Though Morita could have been referring to any of a host of regulations that unnecessarily increase the cost of goods produced in the United States, one area to which his observation is certainly applicable is transportation regulation, particularly the economic regulation of trucking. Despite the perception in some quarters that transportation was deregulated in 1980, the job was not completed. Regulatory bodies, particularly at the state level, continue to limit the ability of companies that wish to provide trucking services to enter the market and to set their own prices. Carriers, which haul goods, and shippers, which need goods moved, often are not free to write and act upon a mutually agreeable contract.
What does this have to do with worldwide competitiveness? As a result of the vestiges of economic regulation in Texas, for example, it costs Neiman‐Marcus at least $1,000 more to ship a containerload of blue jeans from a Texas manufacturer than from a Taiwan manufacturer. That situation clearly does nothing to advance the textile industry’s “Buy American” campaign.
The gains from the deregulation that has taken place are impressive. When trucking deregulation was being considered by Congress in 1980, the Congressional Budget Office forecast that by 1984 the legislation, if enacted, would save consumers $5 billion to $8 billion a year in the prices paid for goods and services. The facts are now available, and the economic benefits produced by partial deregulation are exceeding the Congressional Budget Office’s initial estimates by a factor of 10. Moreover, current calculations of the annual savings enjoyed by U.S. producers and distributors as a result of partial deregulation range from a conservative $56 billion to a high of $90 billion.

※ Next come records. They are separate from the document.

//! The members of an object, beside the components of a sequence or set (X.697).

use crate::json::Json;
use crate::refusals::{Fault, Misfit};
use crate::tables::{Part, Tables};
use std::alloc::Global;

/// What stands for an addition that the table doesn't have.
pub const UNKNOWN: &str = "?";

/// A member of an object.
pub type Member = (String, Json);

/// The value of the member of that name.
pub fn member<'j>(members: &'j [Member], name: &str) -> Option<&'j Json> {
    for it in members.iter() {
        if it.0.as_str() == name {
            return Some(&it.1);
        }
    }
    None
}

/// Whether a part has that name.
pub fn is_named(tables: &Tables, part: Part, name: &str) -> bool {
    tables.name(part.name) == Some(name)
}

/// How many components a sequence or set has.
pub fn count_of(tables: &Tables, type_number: u32) -> usize {
    tables
        .count_of(type_number, 1)
        .saturating_add(tables.count_of(type_number, 2))
}

/// Whether a component of a group of additions has that name.
fn group_has(tables: &Tables, type_number: u32, name: &str) -> bool {
    for index in 0..count_of(tables, type_number) {
        if is_named(tables, tables.component(type_number, index), name) {
            return true;
        }
    }
    false
}

/// Whether a component of a sequence or set, or of a group of its additions, has that name.
pub fn has_component(tables: &Tables, type_number: u32, name: &str) -> bool {
    for index in 0..count_of(tables, type_number) {
        let part = tables.component(type_number, index);
        let is_group = tables.is_group(part.type_number);
        if is_group && group_has(tables, part.type_number, name) {
            return true;
        }
        if !is_group && is_named(tables, part, name) {
            return true;
        }
    }
    false
}

/// Whether any member is a component of a group.
pub fn has_any_of(tables: &Tables, group: u32, members: &[Member]) -> bool {
    for it in members.iter() {
        if group_has(tables, group, it.0.as_str()) {
            return true;
        }
    }
    false
}

/// Whether there may be additions that the table doesn't have.
pub fn is_extensible(tables: &Tables, type_number: u32) -> bool {
    tables.word_of(type_number, 0) == 1
}

fn refused(alloc: Global, misfit: Misfit, name: &str) -> Fault {
    match String::from_str(alloc, name) {
        Ok(name) => Fault::Member(misfit, name),
        Err(_) => Fault::OutOfMemory,
    }
}

/// Refused where a member is no component, or stands there twice.
pub fn check_members(
    alloc: Global,
    tables: &Tables,
    type_number: u32,
    members: &[Member],
) -> Result<(), Fault> {
    for (index, it) in members.iter().enumerate() {
        let name = it.0.as_str();
        if name == UNKNOWN && is_extensible(tables, type_number) {
            continue;
        }
        if !has_component(tables, type_number, name) {
            return Err(refused(alloc, Misfit::UnknownMember, name));
        }
        let before = members.get(..index).unwrap_or(&[]);
        if member(before, name).is_some() {
            return Err(refused(alloc, Misfit::DuplicateMember, name));
        }
    }
    Ok(())
}

/// The members of an object.
pub fn members_of(json: &Json) -> Result<&[Member], Fault> {
    match json {
        Json::Members(members) => Ok(members.as_slice()),
        _ => Err(Fault::Misfit(Misfit::WrongSort("an object"))),
    }
}

/// The alternative of a choice that an object names, and whether it stands past the root.
pub fn alternative_of(
    alloc: Global,
    tables: &Tables,
    type_number: u32,
    name: &str,
) -> Result<(Part, bool), Fault> {
    let roots = tables.count_of(type_number, 1);
    for index in 0..count_of(tables, type_number) {
        let part = tables.alternative(type_number, index);
        if is_named(tables, part, name) {
            return Ok((part, index >= roots));
        }
    }
    Err(refused(alloc, Misfit::UnknownMember, name))
}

Those savings are doing more than just increasing the profits of American businesses. Gains in business efficiency have contributed to one of the nation’s longest economic recoveries in the postwar period, and that consumers have benefited is evidenced by the low inflation rates that have prevailed despite record government deficits. In the international markets, the benefits of transportation deregulation are even more important. To continue to compete worldwide, U.S. companies must become even more efficient.

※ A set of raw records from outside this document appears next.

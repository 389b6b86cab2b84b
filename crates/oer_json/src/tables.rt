//! Tables of types with their names, as `oergen --table` writes them.
ghost use Rattle.std.specs.Prelude.{◌≡◌};
ghost use Rattle.oer_json.specs.Characters.{string_kind_of};
ghost use Rattle.oer_json.specs.Readings.{allows, described, word_of, bounds_of};
ghost use Rattle.oer_walk.specs.Kinds.{kind_numbered};
ghost use Rattle.oer_walk.specs.Tables.{kind_of};

use crate::json::Json;
use oer_walk::{Kind, StringKind, kind_in};
use std::alloc::{AllocError, AllocFailed, Global};
use thiserror::Error;

/// Why lines are no table.
#[derive(Debug, Clone, Copy, PartialEq, Eq, Error)]
pub enum TableError {
    /// A line that begins with none of the words that lines begin with.
    #[error("NoLine: a line of the table is none")]
    NoLine,
    /// A word of the table that is no number below 2^32.
    #[error("NoWord: a word of the table is no number")]
    NoWord,
    /// A line that has too few words.
    #[error("NoParts: a line of the table lacks a part")]
    NoParts,
    /// A number of such a line that is none.
    #[error("NoNumber: a line of the table lacks its number")]
    NoNumber,
    /// A default that is no JSON.
    #[error("NoDefault: a default of the table is no JSON")]
    NoDefault,
    /// Memory was refused.
    #[error("OutOfMemory: out of memory")]
    OutOfMemory,
}

impl From<AllocError> for TableError {
    fn from(_e: AllocError) -> TableError {
        TableError::OutOfMemory
    }
}

impl<T: Drop> From<AllocFailed<T>> for TableError {
    fn from(_e: AllocFailed<T>) -> TableError {
        TableError::OutOfMemory
    }
}

/// A name of a number of a type.
#[derive(Debug, Drop)]
pub struct ValueName {
    pub type_number: u32,
    pub number: i128,
    pub name: String,
}

/// The least and the greatest number or size of a type, where it has them.
#[derive(Debug, Clone, Copy, PartialEq, Eq)]
pub struct Bounds {
    pub type_number: u32,
    pub low: Option<i128>,
    pub high: Option<i128>,
}

impl Bounds {
    /// Those of a type, where some are.
    fn of(all: &[Bounds], type_number: u32) -> Option<Bounds>
        ensures { result ≡ bounds_of all.now type_number }
    {
        for it in all.iter() {
            if it.type_number == type_number {
                return Some(*it);
            }
        }
        None
    }

    /// Whether a number is among them.
    pub fn allows(self, number: i128) -> bool
        ensures { result ≡ allows self number }
    {
        self.low.is_none_or(|low| low <= number) && self.high.is_none_or(|high| number <= high)
    }
}

/// The value of a component that is absent: the number of the sequence or set, that of the component among all of them, and
/// the value.
#[derive(Debug, Drop)]
pub struct DefaultValue {
    pub type_number: u32,
    pub component: usize,
    pub value: Json,
}

/// A component or an alternative.
#[derive(Debug, Clone, Copy, PartialEq, Eq)]
pub struct Part {
    /// The number of its name.
    pub name: u32,
    /// Of a component, whether it is OPTIONAL or has a DEFAULT.
    pub may_be_absent: bool,
    /// Of an alternative, the class of its tag and the number.
    pub class: u32,
    pub number: u32,
    /// The number of its type.
    pub type_number: u32,
}

/// A table of types, and what goes with it by their numbers.
#[derive(Debug, Drop)]
pub struct Tables {
    /// The words of the table, as `oer_walk` takes them.
    pub words: Vec<u32>,
    /// The names of components and alternatives.
    pub names: Vec<String>,
    /// The names of types.
    pub types: Vec<String>,
    pub values: Vec<ValueName>,
    /// The ranges of integers, and the sizes of strings.
    pub ranges: Vec<Bounds>,
    pub sizes: Vec<Bounds>,
    pub defaults: Vec<DefaultValue>,
}

/// The name of the types of groups of extension additions.
const GROUP: &str = "group";

fn push_words(words: &mut Vec<u32>, text: &str) -> Result<(), TableError> {
    for word in text.split(' ') {
        match word.parse::<u32>() {
            Ok(word) => words.push(word)?,
            Err(_) => return Err(TableError::NoWord),
        }
    }
    Ok(())
}

/// Two words and the text behind them.
fn parts_of(text: &str) -> Result<(&str, &str, &str), TableError> {
    let Some((first, rest)) = text.split_once(" ") else {
        return Err(TableError::NoParts);
    };
    match rest.split_once(" ") {
        Some((second, third)) => Ok((first, second, third)),
        None => Err(TableError::NoParts),
    }
}

fn type_number_of(word: &str) -> Result<u32, TableError> {
    match word.parse::<u32>() {
        Ok(number) => Ok(number),
        Err(_) => Err(TableError::NoNumber),
    }
}

/// A type's number, a number and its name.
fn value_name(alloc: Global, text: &str) -> Result<ValueName, TableError> {
    let (type_number, number, name) = parts_of(text)?;
    match number.parse::<i128>() {
        Ok(number) => Ok(ValueName {
            type_number: type_number_of(type_number)?,
            number,
            name: String::from_str(alloc, name)?,
        }),
        Err(_) => Err(TableError::NoNumber),
    }
}

/// A number, or nothing for a word that stands for none.
fn end_of(word: &str, none: &str) -> Result<Option<i128>, TableError> {
    if word == none {
        return Ok(None);
    }
    match word.parse::<i128>() {
        Ok(number) => Ok(Some(number)),
        Err(_) => Err(TableError::NoNumber),
    }
}

/// A type's number and its bounds.
fn bounds_of(text: &str) -> Result<Bounds, TableError> {
    let (type_number, low, high) = parts_of(text)?;
    Ok(Bounds {
        type_number: type_number_of(type_number)?,
        low: end_of(low, "MIN")?,
        high: end_of(high, "MAX")?,
    })
}

/// A type's number, a component's, and its value in JSON.
fn default_value(alloc: Global, text: &str) -> Result<DefaultValue, TableError> {
    let (type_number, component, value) = parts_of(text)?;
    match (
        component.parse::<usize>(),
        Json::read(alloc, value.as_bytes()),
    ) {
        (Ok(component), Ok(value)) => Ok(DefaultValue {
            type_number: type_number_of(type_number)?,
            component,
            value,
        }),
        _ => Err(TableError::NoDefault),
    }
}

impl Tables {
    fn push_line(&mut self, alloc: Global, line: &str) -> Result<(), TableError> {
        match line.split_once(" ") {
            Some(("words", text)) => push_words(&mut self.words, text),
            Some(("name", text)) => Ok(self.names.push(String::from_str(alloc, text)?)?),
            Some(("type", text)) => Ok(self.types.push(String::from_str(alloc, text)?)?),
            Some(("value", text)) => Ok(self.values.push(value_name(alloc, text)?)?),
            Some(("range", text)) => Ok(self.ranges.push(bounds_of(text)?)?),
            Some(("size", text)) => Ok(self.sizes.push(bounds_of(text)?)?),
            Some(("default", text)) => Ok(self.defaults.push(default_value(alloc, text)?)?),
            _ => Err(TableError::NoLine),
        }
    }

    /// The table that a file's lines have: one of `words`, and one of each `name`, `type` and `value`, in the order of their
    /// numbers, each `range`, `size` and `default`. Refused at the first line of another form.
    pub fn of_lines(alloc: Global, text: &str) -> Result<Tables, TableError> {
        let mut tables = Tables {
            words: Vec::new(alloc),
            names: Vec::new(alloc),
            types: Vec::new(alloc),
            values: Vec::new(alloc),
            ranges: Vec::new(alloc),
            sizes: Vec::new(alloc),
            defaults: Vec::new(alloc),
        };
        for line in text.lines() {
            tables.push_line(alloc, line)?;
        }
        Ok(tables)
    }

    /// The number of the type of that name.
    pub fn type_of(&self, name: &str) -> Option<u32> {
        let place = self.types.iter().position(|it| it.as_str() == name)?;
        match u32::try_from(place) {
            Ok(place) => Some(place),
            Err(_) => None,
        }
    }

    /// The name of the type with that number.
    pub fn type_name(&self, number: u32) -> &str {
        match self.types.get(number as usize) {
            Some(name) => name.as_str(),
            None => "unknown",
        }
    }

    /// The name of a component or an alternative with that number, if it has one.
    pub fn name(&self, number: u32) -> Option<&str> {
        self.names.get(number as usize).map(|name| name.as_str())
    }

    /// The name of a type's number.
    pub fn value_name(&self, type_number: u32, number: i128) -> Option<&str> {
        for it in self.values.iter() {
            if it.type_number == type_number && it.number == number {
                return Some(it.name.as_str());
            }
        }
        None
    }

    /// The number of a type that has that name.
    pub fn value_of(&self, type_number: u32, name: &str) -> Option<i128> {
        for it in self.values.iter() {
            if it.type_number == type_number && it.name.as_str() == name {
                return Some(it.number);
            }
        }
        None
    }

    /// A word of a type's description, the number of its kind being the first; nothing where there is none.
    fn described(&self, type_number: u32, index: usize) -> Option<u32>
        ensures { result ≡ described self.now.words.items type_number index }
    {
        if type_number >= self.words.first().copied().unwrap_or(0) {
            return None;
        }
        let place = self.words.get((type_number as usize).saturating_add(1))?;
        let at = (*place as usize).saturating_add(index);
        self.words.get(at).copied()
    }

    /// The kind of a type, if the table has the type.
    pub fn kind_of(&self, type_number: u32) -> Option<Kind>
        ensures { result ≡ kind_numbered (kind_of self.now.words.items type_number) }
    {
        kind_in(self.words.as_slice(), type_number)
    }

    /// A word that goes with a type's kind, the first of them being 0; 0 where there is none.
    pub fn word_of(&self, type_number: u32, index: usize) -> u32
        ensures { result ≡ word_of self.now.words.items type_number index }
    {
        self.described(type_number, index.saturating_add(1))
            .unwrap_or(0)
    }

    /// What a string's octets are, by the word with that index behind its kind; octets, where it says nothing.
    pub fn string_kind(&self, type_number: u32, index: usize) -> StringKind
        ensures { result ≡ string_kind_of self.now.words.items type_number index }
    {
        StringKind::of(self.word_of(type_number, index)).unwrap_or(StringKind::OctetString)
    }

    /// A word that counts parts of a type, which are no more than the table has words.
    pub fn count_of(&self, type_number: u32, index: usize) -> usize {
        (self.word_of(type_number, index) as usize).min(self.words.len())
    }

    /// The component with that number among all of a sequence or set.
    pub fn component(&self, type_number: u32, index: usize) -> Part {
        let at = index.saturating_mul(3).saturating_add(3);
        Part {
            name: self.word_of(type_number, at),
            may_be_absent: self.word_of(type_number, at.saturating_add(1)) != 0,
            class: 0,
            number: 0,
            type_number: self.word_of(type_number, at.saturating_add(2)),
        }
    }

    /// The alternative with that number among all of a choice.
    pub fn alternative(&self, type_number: u32, index: usize) -> Part {
        let at = index.saturating_mul(4).saturating_add(3);
        Part {
            name: self.word_of(type_number, at),
            may_be_absent: false,
            class: self.word_of(type_number, at.saturating_add(1)),
            number: self.word_of(type_number, at.saturating_add(2)),
            type_number: self.word_of(type_number, at.saturating_add(3)),
        }
    }

    /// Whether a type is a group of extension additions.
    pub fn is_group(&self, type_number: u32) -> bool {
        self.kind_of(type_number) == Some(Kind::Sequence) && self.type_name(type_number) == GROUP
    }

    /// The range of a type, where it has one.
    pub fn range_of(&self, type_number: u32) -> Option<Bounds>
        ensures { result ≡ bounds_of self.now.ranges.items type_number }
    {
        Bounds::of(self.ranges.as_slice(), type_number)
    }

    /// The sizes of a type, where it has some.
    pub fn size_of(&self, type_number: u32) -> Option<Bounds>
        ensures { result ≡ bounds_of self.now.sizes.items type_number }
    {
        Bounds::of(self.sizes.as_slice(), type_number)
    }

    /// The value of a component that is absent, where it has one.
    pub fn default_of(&self, type_number: u32, component: usize) -> Option<&Json> {
        for it in self.defaults.iter() {
            if it.type_number == type_number && it.component == component {
                return Some(&it.value);
            }
        }
        None
    }
}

As important as the fact that savings have occurred are the changes that have driven them. There is more to the story than just reduced transportation costs resulting from a more competitive environment. Much of the increased efficiency being experienced in corporate America can be attributed to the improved management of inventory and delivery systems. Costs have been cut dramatically because businesses have been better able to receive raw materials when they are needed and to deliver finished goods to customers when they are demanded. Maintaining inventories of raw materials and finished goods is much more expensive than either policymakers or the general public realize, and additional cost savings could be realized through increased efficiency in this area.

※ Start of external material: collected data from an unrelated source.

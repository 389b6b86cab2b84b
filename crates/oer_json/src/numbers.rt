//! Numbers: INTEGER and ENUMERATED (X.696, 10 and 11).
ghost use Rattle.std.specs.Prelude.{◌≡◌, true, false, MatchResult};
ghost use Rattle.asn1_core.specs.Bounds.{value_bounds};
ghost use Rattle.oer_json.specs.Readings.{Puts, Stands, allowed, bounds_of, free_range, is_free, counted_in};
ghost use Rattle.oer_spec.specs.Tree.{Primitive, Int};
ghost use Rattle.oer_json.specs.declared.json.Json.{Number};

use crate::refusals::{Fault, Misfit};
use crate::tables::{Bounds, Tables};
use asn1_core::{Bounded, Constraints};
use asn1_ints::{has_superfluous_sign, has_superfluous_zero, i128_of};
use oer_leaf_write::{write_content, write_enumerated, write_integer};

/// Refused where a number is outside a type's range.
fn check_range(tables: &Tables, type_number: u32, number: i128) -> Result<(), Fault>
    ensures { MatchResult result (λ _. allowed (bounds_of tables.now.ranges.items type_number) number ≡ true) (λ _. allowed (bounds_of tables.now.ranges.items type_number) number ≡ false) }
{
    match tables.range_of(type_number) {
        Some(bounds) if !bounds.allows(number) => Err(out_of_range(bounds)),
        _ => Ok(()),
    }
}

fn out_of_range(bounds: Bounds) -> Fault {
    Fault::Misfit(Misfit::OutOfRange {
        low: bounds.low,
        high: bounds.high,
    })
}

/// The numbers of so many octets: 1, 2, 4 or 8.
fn ends_of(octets: u32, is_signed: bool) -> Option<(i128, i128)> {
    match (octets, is_signed) {
        (1, false) => Some((0, 0xFF)),
        (2, false) => Some((0, 0xFFFF)),
        (4, false) => Some((0, 0xFFFF_FFFF)),
        (8, false) => Some((0, 0xFFFF_FFFF_FFFF_FFFF)),
        (1, true) => Some((-0x80, 0x7F)),
        (2, true) => Some((-0x8000, 0x7FFF)),
        (4, true) => Some((-0x8000_0000, 0x7FFF_FFFF)),
        (8, true) => Some((-0x8000_0000_0000_0000, 0x7FFF_FFFF_FFFF_FFFF)),
        _ => None,
    }
}

/// Appends a number in so many octets.
pub fn put_fixed(
    tables: &Tables,
    type_number: u32,
    number: i128,
    out: &mut Vec<u8>,
) -> Result<(), Fault> {
    check_range(tables, type_number, number)?;
    let octets = tables.word_of(type_number, 0);
    let is_signed = tables.word_of(type_number, 1) == 1;
    let Some((low, high)) = ends_of(octets, is_signed) else {
        return Err(Fault::Misfit(Misfit::UnknownType));
    };
    let bounds = Bounds {
        type_number,
        low: Some(low),
        high: Some(high),
    };
    if !bounds.allows(number) {
        return Err(out_of_range(bounds));
    }
    let constraints = Constraints {
        value: Some((
            Bounded::Range {
                start: Some(low),
                end: Some(high),
            },
            false,
        )),
        size: None,
    };
    Ok(write_integer(constraints, &number, out)?)
}

/// The constraints of a number that lies behind a length.
fn free_constraints(is_signed: bool) -> Constraints
    ensures { value_bounds result ≡ free_range is_signed }
{
    if is_signed {
        return Constraints::NONE;
    }
    Constraints {
        value: Some((
            Bounded::Range {
                start: Some(0),
                end: None,
            },
            false,
        )),
        size: None,
    }
}

/// Whether a number is one with a sign, or one without.
fn is_free(is_signed: bool, number: i128) -> bool
    ensures { result ≡ is_free is_signed number }
{
    is_signed || number >= 0
}

/// Appends a number behind a length, whatever its range.
fn write_free(is_signed: bool, number: i128, out: &mut Vec<u8>) -> Result<(), Fault>
    ensures { Puts (Stands (Primitive (Int (free_range is_signed) number))) result out.old.items out.new.items }
{
    match write_integer(free_constraints(is_signed), &number, out) {
        Ok(()) => Ok(()),
        Err(kind) => Err(Fault::from(kind)),
    }
}

/// Appends a number behind a length.
pub fn put_counted(
    tables: &Tables,
    type_number: u32,
    number: i128,
    out: &mut Vec<u8>,
) -> Result<(), Fault>
    ensures { Puts (counted_in tables.now type_number (Number number)) result out.old.items out.new.items }
{
    check_range(tables, type_number, number)?;
    let is_signed = tables.word_of(type_number, 0) == 1;
    if !is_free(is_signed, number) {
        return Err(Fault::Misfit(Misfit::OutOfRange {
            low: Some(0),
            high: None,
        }));
    }
    write_free(is_signed, number, out)
}

/// Whether the unsigned number of octets, the first of which isn't zero, is past the greatest of 128 bits with a sign.
fn is_long_unsigned(octets: &[u8]) -> bool {
    match octets {
        [first, ..] => octets.len() > 16 || octets.len() == 16 && *first >= 128,
        [] => false,
    }
}

/// Whether octets are the shortest of a number that isn't one of 128 bits.
fn is_long(octets: &[u8], is_signed: bool) -> bool {
    if is_signed {
        i128_of(octets).is_none() && !has_superfluous_sign(octets)
    } else {
        is_long_unsigned(octets) && !has_superfluous_zero(octets)
    }
}

/// Appends a number past 128 bits, by its octets.
pub fn put_long(
    tables: &Tables,
    type_number: u32,
    octets: &[u8],
    out: &mut Vec<u8>,
) -> Result<(), Fault> {
    let is_signed = tables.word_of(type_number, 0) == 1;
    if !is_long(octets, is_signed) {
        return Err(Fault::Misfit(Misfit::WrongSort("an integer")));
    }
    let is_negative = is_signed && octets.first().copied().unwrap_or(0) >= 128;
    if let Some(bounds) = tables.range_of(type_number) {
        let end = if is_negative { bounds.low } else { bounds.high };
        if end.is_some() {
            return Err(out_of_range(bounds));
        }
    }
    Ok(write_content(octets, out)?)
}

/// Appends the enumerated value of that name.
pub fn put_name(
    tables: &Tables,
    type_number: u32,
    name: &str,
    out: &mut Vec<u8>,
) -> Result<(), Fault> {
    let Some(number) = tables.value_of(type_number, name) else {
        return Err(Fault::Misfit(Misfit::UnknownName));
    };
    match isize::try_from(number) {
        Ok(number) => Ok(write_enumerated(number, out)?),
        Err(_) => Err(Fault::Misfit(Misfit::NotWritten)),
    }
}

Unfortunately, economic regulation, particularly at the state level, remains a barrier to achieving the greatest savings possible. To demonstrate that the nation’s competitiveness could be enhanced through further deregulation of the transportation industry, this study begins by explaining how the practice of “business logistics,” coupled with partial deregulation, has led to the substantial cost savings experienced since 1980. The rigidities that have been imposed by regulation are then outlined. Finally, it is argued that the economic deregulation of the motor carrier industry should be completed as a major step toward ensuring that U.S. producers regain their international market shares.